Finding a Platform that Supports Incrementality Testing

While the impact of traditional TV ads has always been difficult for advertisers to pin down, the arrival of CTV advertising means those days are behind us. Now, advertisers can measure the value of their ads with the kind of precision that had only been possible on digital channels. 

Brands no longer have to wonder if their TV ad campaigns are working. All they need to do is run incrementality testing on their CTV advertising platform to find out.

tvScientific is the only CTV platform with a built-in, always-on incrementality testing feature that continuously compares your campaign’s performance to a statistical baseline. Unlike walled gardens, it provides full transparency into incremental lift and ROI while ensuring your campaigns deliver fraud-free results. tvScientific’s AI driven optimization ensures you’re not just getting attributed conversions, but true incremental outcomes. 

Ready to prove your CTV campaigns are driving incremental sales this Prime Day? Reach out to our team and get started.

Performance TV Incrementality Testing FAQ

Why is incrementality testing better than last-touch attribution? Last-touch can over-credit other channels or organic activity. Incrementality testing isolates the true effect of your ads.

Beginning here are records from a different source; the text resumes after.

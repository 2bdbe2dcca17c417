//! The top call.

ghost use Rattle.std.specs.Prelude.{◌≡◌, ◌^◌, ◌≤◌, IsSome, unsigned_abs};
ghost use Rattle.iso_base.specs.Faults.{Rose};
ghost use Rattle.iso_commands.specs.Commands.{audit_command, check_command, convert_command, extract_command};
ghost use Rattle.iso_commands.specs.Commands.{IsRange, spectrum_command};
ghost use Rattle.iso_words.specs.Built.{EachSaid, texts};
ghost use Rattle.iso_cli.specs.Outputs.{LeavesOutput};
ghost use Rattle.iso_cli.specs.Runs.{HoldNeeded, IsAnswerable, IsOutput, IsTrueAnswer, IsTrueOf, LacksFile, SayBuilt};
ghost use Rattle.iso_cli.specs.Runs.{LeavesRest, LeavesShelf, NeedsNoFile, PutsLine, ServesWell};
ghost use Rattle.iso_cli.specs.Statuses.{IsDoneOrMemory, IsUsage};

use crate::audits::read_glued;
use crate::demo::put_demonstration;
use crate::files::{read_both, read_checked, read_table};
use crate::line::status_text;
use crate::output::{put_accepted, put_clean, put_mesh, put_table, put_version_2};
use crate::spectra::{put_spectrum, read_grid_for};
use crate::status::Status;
use crate::workers::Workers;
use cell_lattice::Kind;
use iso_base::{Gate, Shelf, Sink, put_all};
use iso_words::{Command, WrongWord, parse};
use std::alloc::Global;
use std::thread::Threads;

/// Does what the words ask, and puts the line of the status to `err`, unless it is `Done`.
///
/// `words` are the words after the program's name. The shelf gives the files that they name, and `out` takes the
/// output, of which nothing is put before every refusal is past. A failure of `err` changes no status.
///
/// A table is made and checked in four parts, for which `rt` starts threads; each part passes `gate` as it starts. What
/// is put and answered does not depend on them.
pub fn run<R: Threads + Sync, S: Shelf, O: Sink, E: Sink, G: Gate + Sync>(
    rt: &R,
    alloc: Global,
    words: &[String],
    shelf: &mut S,
    out: &mut O,
    err: &mut E,
    gate: &G,
) -> Status
    ensures answer { IsTrueAnswer (S.files shelf.old) (texts words.now) result }

    // Where the outside serves well, the output is whole, or memory was refused, if no refusal holds, and so if the
    // files are told and hold what the command needs.
    ensures complete { ¬ Rose (O.faults out.old) (O.faults out.new)
        → ServesWell S.faults S.files S.sound (texts words.now) shelf.old shelf.new
        → IsAnswerable (S.files shelf.old) (texts words.now)
        → IsDoneOrMemory result }
    ensures served { ¬ Rose (O.faults out.old) (O.faults out.new)
        → ServesWell S.faults S.files S.sound (texts words.now) shelf.old shelf.new
        → IsSome (S.files shelf.old) → SayBuilt (texts words.now) (HoldNeeded (S.files shelf.old))
        → IsDoneOrMemory result }

    ensures shelf { LeavesShelf S.faults S.files S.sound
        (SayBuilt (texts words.now) (LacksFile (S.files shelf.old))) result shelf.old shelf.new }
    ensures output { LeavesOutput O.faults O.bytes
        (λ text. SayBuilt (texts words.now) (IsOutput (S.files shelf.old) text)) result out.old out.new }
    // A table file that is too long is left behind the first byte past the limit, and a grid file that is refused by
    // its dimension or its size behind its header. Of a mesh file nothing is left, unless it is too long.
    ensures left { EachSaid (texts words.now) (LeavesRest (S.files shelf.old) result (S.rest shelf.new)) }
    // A command that reads no file, as that which generates a table, leaves the shelf alone.
    ensures generated { NeedsNoFile (S.files shelf.old) (texts words.now) result shelf.old shelf.new }

    ensures line { PutsLine E.faults E.bytes result err.old err.new }
{
    let workers = Workers { rt, alloc, gate };
    let status = perform(&workers, words, shelf, out);
    if status != Status::Done {
        let text = status_text(&status);
        let _ = put_all(err, text.as_str().as_bytes());
    }
    status
}

// What the words ask.
fn perform<R: Threads + Sync, S: Shelf, O: Sink, G: Gate + Sync>(
    workers: &Workers<R, G>,
    words: &[String],
    shelf: &mut S,
    out: &mut O,
) -> Status
    ensures answer { IsTrueAnswer (S.files shelf.old) (texts words.now) result }
    ensures shelf { LeavesShelf S.faults S.files S.sound
        (SayBuilt (texts words.now) (LacksFile (S.files shelf.old))) result shelf.old shelf.new }
    ensures output { LeavesOutput O.faults O.bytes
        (λ text. SayBuilt (texts words.now) (IsOutput (S.files shelf.old) text)) result out.old out.new }
    ensures left { EachSaid (texts words.now) (LeavesRest (S.files shelf.old) result (S.rest shelf.new)) }
    ensures generated { NeedsNoFile (S.files shelf.old) (texts words.now) result shelf.old shelf.new }
{
    match parse(words) {
        Ok(Command::Generate { kind, dim }) => put_table(workers, kind, dim, out),
        Ok(Command::Check { table }) => check(workers, table, shelf, out),
        Ok(Command::Extract { table, grid, iso }) => extract(workers, table, grid, iso, shelf, out),
        Ok(
            Command::Demo {
                kind,
                dim,
                size,
                seed,
            },
        ) => put_demonstration(workers, kind, dim, size, seed, out),
        Ok(Command::Convert { table }) => convert(workers.alloc, table, shelf, out),
        Ok(Command::Audit { mesh }) => audit(workers.alloc, mesh, shelf, out),
        Ok(
            Command::Spectrum {
                kind,
                grid,
                from,
                to,
            },
        ) => count(workers.alloc, kind, grid, from, to, shelf, out),
        Err(WrongWord(place)) => Status::Usage(place),
    }
}

// Says that the table of a file is accepted, or why not.
fn check<R: Threads + Sync, S: Shelf, O: Sink, G: Gate + Sync>(
    workers: &Workers<R, G>,
    table: &str,
    shelf: &mut S,
    out: &mut O,
) -> Status
    ensures known { ¬ IsUsage result }
    ensures answer { IsTrueOf (S.files shelf.old) result (check_command table.now) }
    ensures shelf { LeavesShelf S.faults S.files S.sound
        (LacksFile (S.files shelf.old) (check_command table.now)) result shelf.old shelf.new }
    ensures output { LeavesOutput O.faults O.bytes
        (λ text. IsOutput (S.files shelf.old) text (check_command table.now)) result out.old out.new }
    ensures left { LeavesRest (S.files shelf.old) result (S.rest shelf.new) (check_command table.now) }
{
    match read_checked(workers, shelf, table) {
        Ok(_) => put_accepted(out),
        Err(status) => status,
    }
}

// Puts the table of a file in version 2, whether or not it is accepted.
fn convert<S: Shelf, O: Sink>(alloc: Global, table: &str, shelf: &mut S, out: &mut O) -> Status
    ensures known { ¬ IsUsage result }
    ensures answer { IsTrueOf (S.files shelf.old) result (convert_command table.now) }
    ensures shelf { LeavesShelf S.faults S.files S.sound
        (LacksFile (S.files shelf.old) (convert_command table.now)) result shelf.old shelf.new }
    ensures output { LeavesOutput O.faults O.bytes
        (λ text. IsOutput (S.files shelf.old) text (convert_command table.now)) result out.old out.new }
    ensures left { LeavesRest (S.files shelf.old) result (S.rest shelf.new) (convert_command table.now) }
{
    match read_table(alloc, shelf, table) {
        Ok(table) => put_version_2(alloc, &table, out),
        Err(status) => status,
    }
}

// Says that the simplices of a mesh file are glued, or what else is found.
fn audit<S: Shelf, O: Sink>(alloc: Global, mesh: &str, shelf: &mut S, out: &mut O) -> Status
    ensures known { ¬ IsUsage result }
    ensures answer { IsTrueOf (S.files shelf.old) result (audit_command mesh.now) }
    ensures shelf { LeavesShelf S.faults S.files S.sound
        (LacksFile (S.files shelf.old) (audit_command mesh.now)) result shelf.old shelf.new }
    ensures output { LeavesOutput O.faults O.bytes
        (λ text. IsOutput (S.files shelf.old) text (audit_command mesh.now)) result out.old out.new }
    ensures left { LeavesRest (S.files shelf.old) result (S.rest shelf.new) (audit_command mesh.now) }
{
    match read_glued(alloc, shelf, mesh) {
        Ok(boundary) => put_clean(boundary, out),
        Err(status) => status,
    }
}

// Says how many vertices the mesh of a grid has at each isovalue of a range.
fn count<S: Shelf, O: Sink>(
    alloc: Global,
    kind: Kind,
    grid: &str,
    from: i64,
    to: i64,
    shelf: &mut S,
    out: &mut O,
) -> Status
    requires from { unsigned_abs from ≤ 2 ^ 40 }
    requires to { unsigned_abs to ≤ 2 ^ 40 }
    requires range { IsRange from to }
    ensures known { ¬ IsUsage result }
    ensures answer { IsTrueOf (S.files shelf.old) result (spectrum_command kind grid.now from to) }
    ensures shelf { LeavesShelf S.faults S.files S.sound
        (LacksFile (S.files shelf.old) (spectrum_command kind grid.now from to)) result shelf.old shelf.new }
    ensures output { LeavesOutput O.faults O.bytes
        (λ text. IsOutput (S.files shelf.old) text (spectrum_command kind grid.now from to)) result out.old out.new }
    ensures left { LeavesRest (S.files shelf.old) result (S.rest shelf.new) (spectrum_command kind grid.now from to) }
{
    match read_grid_for(alloc, shelf, grid, kind) {
        Ok(grid) => put_spectrum(alloc, kind, &grid, from, to, out),
        Err(status) => status,
    }
}

// Puts the mesh of a grid, by a table, at an isovalue.
fn extract<R: Threads + Sync, S: Shelf, O: Sink, G: Gate + Sync>(
    workers: &Workers<R, G>,
    table: &str,
    grid: &str,
    iso: i64,
    shelf: &mut S,
    out: &mut O,
) -> Status
    requires iso { unsigned_abs iso ≤ 2 ^ 40 }
    ensures known { ¬ IsUsage result }
    ensures answer { IsTrueOf (S.files shelf.old) result (extract_command table.now grid.now iso) }
    ensures shelf { LeavesShelf S.faults S.files S.sound
        (LacksFile (S.files shelf.old) (extract_command table.now grid.now iso)) result shelf.old shelf.new }
    ensures output { LeavesOutput O.faults O.bytes
        (λ text. IsOutput (S.files shelf.old) text (extract_command table.now grid.now iso)) result out.old out.new }
    ensures left { LeavesRest (S.files shelf.old) result (S.rest shelf.new) (extract_command table.now grid.now iso) }
{
    match read_both(workers, shelf, table, grid) {
        Ok((table, grid)) => put_mesh(workers.alloc, &table, &grid, iso, out),
        Err(status) => status,
    }
}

How long should an incrementality test run? It should last at least one week, but the exact duration depends on traffic and conversion volume needed for statistical significance.

Can I run an incrementality test during Prime Day itself? Yes, but it’s even more valuable to test in the weeks leading up to Prime Day, so you can optimize and allocate spend confidently before the surge.

Do I need a large budget to run incrementality testing? Not necessarily. With a platform like tvScientific, advertisers of all sizes can run tests with flexible budgets and still get meaningful results.